4
Additional Considerations
This chapter addresses additional key issues considered by the committee, as follows:
- State of Development Achievable by 2030
- Interrelationship Among Goals, Research Areas, and Research Topics
- Research Consortia
- Development Process
- Future Vision
STATE OF DEVELOPMENT ACHIEVABLE BY 2030
The discussion of each research topic in Chapter 2 describes the estimated state of development that could be achieved by 2030. As is the case with some other federal agencies involved in research and development (R&D), the Department of Energy (DOE) has defined technology readiness levels (TRLs) as a parameter to describe the state of development of advanced technologies and systems. DOE has defined TRLs as shown in Table 4.1.
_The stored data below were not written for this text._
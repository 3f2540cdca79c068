//! An arena at work.
ghost use Rattle.std.specs.Prelude.{◌≡◌, ◌+◌, ◌<◌, ◌≤◌, ◌^◌, length, None, Some, IfOk, IfErr, OnOk, OnErr, IsSome};
ghost use Rattle.probe_core.specs.Bits.{bits};
ghost use Rattle.time_table.specs.Counts.{AllCounted, IsBinRun, run_total, total_count};
ghost use Rattle.cube_view.specs.Walks.{down, across};
ghost use Rattle.node_arena.specs.Slots.{id_of, IsNode, IsTable, is_table, IsRising, slot_of, children_of, counts_of, link_of};
ghost use Rattle.node_arena.specs.Calls.{add_node, add_table, copy_slot, put_child, set_child, set_content, table_add, table_add_many, table_add_run, child_from, only_link};
ghost use Rattle.node_arena.specs.Stats.{stat_of, AllRising, TellsStat};
ghost use Rattle.arena_undo.specs.Worked.{begun, changed, changed_by};

use crate::change::{Change, is_new_content, is_old, note, note_run, take_change_back};
use cube_view::Stat;
use node_arena::{Arena, Link, SlotId};
use probe_core::Steps;
use std::alloc::Global;
use std::marker::Model;
use std::sync::ledger::Ledger;
use texts::NoMemory;
use time_table::TimeTable;

/// An arena, and a trail of the changes that were made on it, with room for a number of them. The trail has those of
/// the slots that stood at the beginning, the `first` ones. All others are `made` too, and take no room of the trail.
#[derive(Drop)]
pub struct Work {
    arena: Arena,
    changes: Vec<Change>,
    first: usize,
    made: usize,
    room: usize,
}

impl Model for Work {
    ghost use Rattle.std.specs.Prelude.{take};
    ghost use Rattle.std.specs.Vec.{vec_capacity};
    ghost use Rattle.std.specs.Coded.{codes};
    ghost use Rattle.node_arena.specs.Slots.{counts_code};
    ghost use Rattle.arena_undo.specs.Worked.{Worked};

    ghost Value = { Worked };

    ghost coded = { Prim.hlevel (codes, counts_code) };

    ghost use Rattle.arena_undo.specs.Undone.{undone};
    ghost use Rattle.arena_undo.specs.Trail.{IsChangeTrail};

    ghost view = { λ w. record { slots = w.arena; start = undone w.changes.items (take w.first w.arena); made = w.made; room = w.room } };

    ghost invariant = { λ w. IsChangeTrail w.arena w.changes.items w.first w.made w.room (vec_capacity w.changes) };
}

impl Work {
    /// Takes the arena and the memory for `room` changes. For want of memory the arena comes back.
    pub fn begin(alloc: Global, arena: Arena, room: usize) -> Result<Work, Arena>
        ensures begun { IfOk result (λ work. work ≡ begun arena room) }
        ensures back { IfErr result (λ again. again ≡ arena) }
    {
        let first = arena.len();
        match Vec::with_capacity(alloc, room) {
            Ok(changes) => Ok(Work {
                arena,
                changes,
                first,
                made: 0,
                room,
            }),
            Err(_) => Err(arena),
        }
    }

    /// Makes room for so many changes more. For want of memory nothing is changed.
    pub fn reserve(&mut self, more: usize) -> Result<(), NoMemory>
        ensures room { OnOk result (self.old.made + more ≤ self.new.room) }
        ensures kept { (self.new.slots ≡ self.old.slots) × (self.new.start ≡ self.old.start) × (self.new.made ≡ self.old.made) }
        ensures not_less { self.old.room ≤ self.new.room }
    {
        if self.changes.try_reserve(more).is_err() {
            return Err(NoMemory);
        }
        // No memory holds so many changes that the sum has no number.
        let free = self.changes.capacity() - self.changes.len();
        match self.made.checked_add(free) {
            Some(room) => {
                self.room = room;
                Ok(())
            }
            None => Err(NoMemory),
        }
    }

    /// The arena as it is.
    pub fn keep(self) -> Arena
        ensures { result ≡ self.slots }
    {
        let Work {
            arena,
            changes: _,
            first: _,
            made: _,
            room: _,
        } = self;
        arena
    }

    /// The arena as it was at the beginning.
    pub fn undo(self) -> Arena
        ensures { result ≡ self.start }
    {
        let Work {
            mut arena,
            mut changes,
            first,
            made: _,
            room: _,
        } = self;
        arena.cut(first);
        while let Some(change) = changes.pop() {
            take_change_back(&mut arena, change);
        }
        arena
    }

    /// Adds an empty node. For want of memory nothing is changed or recorded.
    pub fn add_node(&mut self) -> Result<SlotId, NoMemory>
        requires { self.old.made < self.old.room }
        ensures id { IfOk result (λ id. id ≡ id_of (length self.old.slots)) }
        ensures added { OnOk result (self.new ≡ changed self.old (add_node self.old.slots)) }
        ensures unchanged { OnErr result (self.new ≡ self.old) }
    {
        let id = self.arena.add_node()?;
        self.made += 1;
        Ok(id)
    }

    /// Adds an empty time table. For want of memory nothing is changed or recorded.
    pub fn add_table(&mut self) -> Result<SlotId, NoMemory>
        requires { self.old.made < self.old.room }
        ensures id { IfOk result (λ id. id ≡ id_of (length self.old.slots)) }
        ensures added { OnOk result (self.new ≡ changed self.old (add_table self.old.slots)) }
        ensures unchanged { OnErr result (self.new ≡ self.old) }
    {
        let id = self.arena.add_table()?;
        self.made += 1;
        Ok(id)
    }

    /// Adds a shallow copy of a slot. For want of memory nothing is changed or recorded.
    pub fn copy_slot(&mut self, id: SlotId) -> Result<SlotId, NoMemory>
        requires room { self.old.made < self.old.room }
        requires in_range { id.0 < length self.old.slots }
        ensures id { IfOk result (λ copy. copy ≡ id_of (length self.old.slots)) }
        ensures copied { OnOk result (self.new ≡ changed self.old (copy_slot self.old.slots id.0)) }
        ensures unchanged { OnErr result (self.new ≡ self.old) }
    {
        let copy = self.arena.copy_slot(id)?;
        self.made += 1;
        Ok(copy)
    }

    /// Puts a child of a new label. For want of memory nothing is changed or recorded.
    pub fn put_child(&mut self, id: SlotId, label: u8, link: Link) -> Result<(), NoMemory>
        requires room { self.old.made < self.old.room }
        requires in_range { id.0 < length self.old.slots }
        requires is_node { IsNode (slot_of self.old.slots id.0) }
        requires is_new { link_of self.old.slots id.0 (down label) ≡ None }
        ensures put { OnOk result (self.new ≡ changed self.old (put_child self.old.slots id.0 label link)) }
        ensures unchanged { OnErr result (self.new ≡ self.old) }
    {
        self.arena.put_child(id, label, link)?;
        self.made += 1;
        let wanted = is_old(id, self.first);
        note(&mut self.changes, wanted, Change::Put(id, label));
        Ok(())
    }

    /// Sets another link to a child that is there, and gives the old one.
    pub fn set_child(&mut self, id: SlotId, label: u8, link: Link) -> Link
        requires room { self.old.made < self.old.room }
        requires in_range { id.0 < length self.old.slots }
        requires is_node { IsNode (slot_of self.old.slots id.0) }
        requires is_there { IsSome (link_of self.old.slots id.0 (down label)) }
        ensures given { link_of self.old.slots id.0 (down label) ≡ Some result }
        ensures set { self.new ≡ changed self.old (set_child self.old.slots id.0 label link) }
    {
        let old = self.arena.set_child(id, label, link);
        self.made += 1;
        let wanted = is_old(id, self.first);
        note(&mut self.changes, wanted, Change::Relinked(id, label, old));
        old
    }

    /// Sets the content, or none, and gives the old one.
    pub fn set_content(&mut self, id: SlotId, link: Option<Link>) -> Option<Link>
        requires room { self.old.made < self.old.room }
        requires in_range { id.0 < length self.old.slots }
        requires is_node { IsNode (slot_of self.old.slots id.0) }
        ensures given { result ≡ link_of self.old.slots id.0 across }
        ensures set { self.new ≡ changed self.old (set_content self.old.slots id.0 link) }
    {
        let old = self.arena.set_content(id, link);
        self.made += 1;
        let wanted = is_new_content(id, self.first, old, link);
        note(&mut self.changes, wanted, Change::Filled(id, old));
        old
    }

    /// Counts a record more in a bin of a time table. For want of memory nothing is changed or recorded.
    pub fn table_add(&mut self, id: SlotId, bin: u32) -> Result<(), NoMemory>
        requires room { self.old.made < self.old.room }
        requires in_range { id.0 < length self.old.slots }
        requires is_table { IsTable (slot_of self.old.slots id.0) }
        requires fits { total_count (counts_of (slot_of self.old.slots id.0)) < 2 ^ 63 }
        ensures added { OnOk result (self.new ≡ changed self.old (table_add self.old.slots id.0 bin)) }
        ensures unchanged { OnErr result (self.new ≡ self.old) }
        ensures was_counted { AllCounted (counts_of (slot_of self.old.slots id.0)) }
    {
        self.table_add_many(id, bin, 1)
    }

    /// Counts an amount more in a bin of a time table, as one change. For want of memory nothing is
    /// changed or recorded.
    pub fn table_add_many(&mut self, id: SlotId, bin: u32, amount: u64) -> Result<(), NoMemory>
        requires room { self.old.made < self.old.room }
        requires in_range { id.0 < length self.old.slots }
        requires is_table { IsTable (slot_of self.old.slots id.0) }
        requires some { 0 < amount }
        requires fits { total_count (counts_of (slot_of self.old.slots id.0)) + amount ≤ 2 ^ 63 }
        ensures added { OnOk result (self.new ≡ changed self.old (table_add_many self.old.slots id.0 bin amount)) }
        ensures unchanged { OnErr result (self.new ≡ self.old) }
        ensures was_counted { AllCounted (counts_of (slot_of self.old.slots id.0)) }
    {
        self.arena.table_add_many(id, bin, amount)?;
        self.made += 1;
        let wanted = is_old(id, self.first);
        note(&mut self.changes, wanted, Change::Counted(id, bin, amount));
        Ok(())
    }

    /// Counts amounts more in a time table, each in its bin, as a change for each. For want of memory
    /// nothing is changed or recorded.
    pub fn table_add_run(&mut self, id: SlotId, run: &[(u32, u64)]) -> Result<(), NoMemory>
        requires room { self.old.made + length run.now ≤ self.old.room }
        requires in_range { id.0 < length self.old.slots }
        requires is_table { IsTable (slot_of self.old.slots id.0) }
        requires run { IsBinRun run.now }
        requires fits { total_count (counts_of (slot_of self.old.slots id.0)) + run_total run.now ≤ 2 ^ 63 }
        ensures added { OnOk result (self.new ≡ changed_by (length run.now) self.old (table_add_run self.old.slots id.0 run.now)) }
        ensures unchanged { OnErr result (self.new ≡ self.old) }
    {
        self.arena.table_add_run(id, run)?;
        self.made += run.len();
        let wanted = is_old(id, self.first);
        note_run(&mut self.changes, wanted, id, run);
        Ok(())
    }

    /// How many slots there are.
    pub fn len(&self) -> usize
        ensures { result ≡ length self.now.slots }
    {
        self.arena.len()
    }

    /// How many nodes and time tables there are, and how many proper and shared links.
    pub fn stat(&self) -> Stat
        ensures numbers { result ≡ stat_of self.now.slots }
        ensures in_order { AllRising self.now.slots }
        ensures links { TellsStat self.now.slots result }
    {
        self.arena.stat()
    }

    /// Whether a slot is a time table.
    pub fn is_table(&self, id: SlotId) -> bool
        requires { id.0 < length self.now.slots }
        ensures { result ≡ is_table (slot_of self.now.slots id.0) }
    {
        self.arena.is_table(id)
    }

    /// The link to the child of a label. None comes exactly where there is none.
    pub fn child<L: Ledger>(&self, id: SlotId, label: u8, steps: &mut Steps<L>) -> Option<Link>
        requires in_range { id.0 < length self.now.slots }
        requires is_node { IsNode (slot_of self.now.slots id.0) }
        ensures link { result ≡ link_of self.now.slots id.0 (down label) }
        ensures cost { steps.new ≤ steps.old + (1 + bits (length (children_of (slot_of self.now.slots id.0)))) }
        ensures a_step { steps.old + 1 ≤ steps.new }
        ensures in_order { IsRising (children_of (slot_of self.now.slots id.0)) }
    {
        self.arena.child(id, label, steps)
    }

    /// The first child whose label is `from` or later. None comes exactly where there is none.
    pub fn next_child<L: Ledger>(
        &self,
        id: SlotId,
        from: u8,
        steps: &mut Steps<L>,
    ) -> Option<(u8, Link)>
        requires in_range { id.0 < length self.now.slots }
        requires is_node { IsNode (slot_of self.now.slots id.0) }
        ensures child { result ≡ child_from (children_of (slot_of self.now.slots id.0)) from }
        ensures cost { steps.new ≤ steps.old + (1 + bits (length (children_of (slot_of self.now.slots id.0)))) }
        ensures a_step { steps.old + 1 ≤ steps.new }
        ensures in_order { IsRising (children_of (slot_of self.now.slots id.0)) }
    {
        self.arena.next_child(id, from, steps)
    }

    /// The link to the content. None comes exactly where there is none.
    pub fn content<L: Ledger>(&self, id: SlotId, steps: &mut Steps<L>) -> Option<Link>
        requires in_range { id.0 < length self.now.slots }
        requires is_node { IsNode (slot_of self.now.slots id.0) }
        ensures link { result ≡ link_of self.now.slots id.0 across }
        ensures cost { steps.new ≡ steps.old + 1 }
    {
        self.arena.content(id, steps)
    }

    /// A time table.
    pub fn table<L: Ledger>(&self, id: SlotId, steps: &mut Steps<L>) -> &TimeTable
        requires in_range { id.0 < length self.now.slots }
        requires is_table { IsTable (slot_of self.now.slots id.0) }
        ensures counts { result.now ≡ counts_of (slot_of self.now.slots id.0) }
        ensures cost { steps.new ≡ steps.old + 1 }
    {
        self.arena.table(id, steps)
    }

    /// The link to the only child. None comes exactly where there is not exactly one.
    pub fn only_child(&self, id: SlotId) -> Option<Link>
        requires in_range { id.0 < length self.now.slots }
        requires is_node { IsNode (slot_of self.now.slots id.0) }
        ensures link { result ≡ only_link (children_of (slot_of self.now.slots id.0)) }
        ensures in_order { IsRising (children_of (slot_of self.now.slots id.0)) }
    {
        self.arena.only_child(id)
    }
}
DOE typically sponsors research through TRL 6 or, in some cases, TRL 7. It is expected that R&D of a technology through TRL 9 will not proceed unless industry funds further development as part of a product development program. Research and technology development funded by DOE is conducted primarily by DOE laboratories, industry, and academia.
As described in Chapter 3, the projected TRL for each research area would likely advance as indicated in Table 4.2 if the research were to be supported by a moderate level of funding. In some cases, a TRL is not applicable (N/A) because the research topic is focused on advancing the understanding of phenomena (e.g., combustion properties) rather than the development of technologies and systems.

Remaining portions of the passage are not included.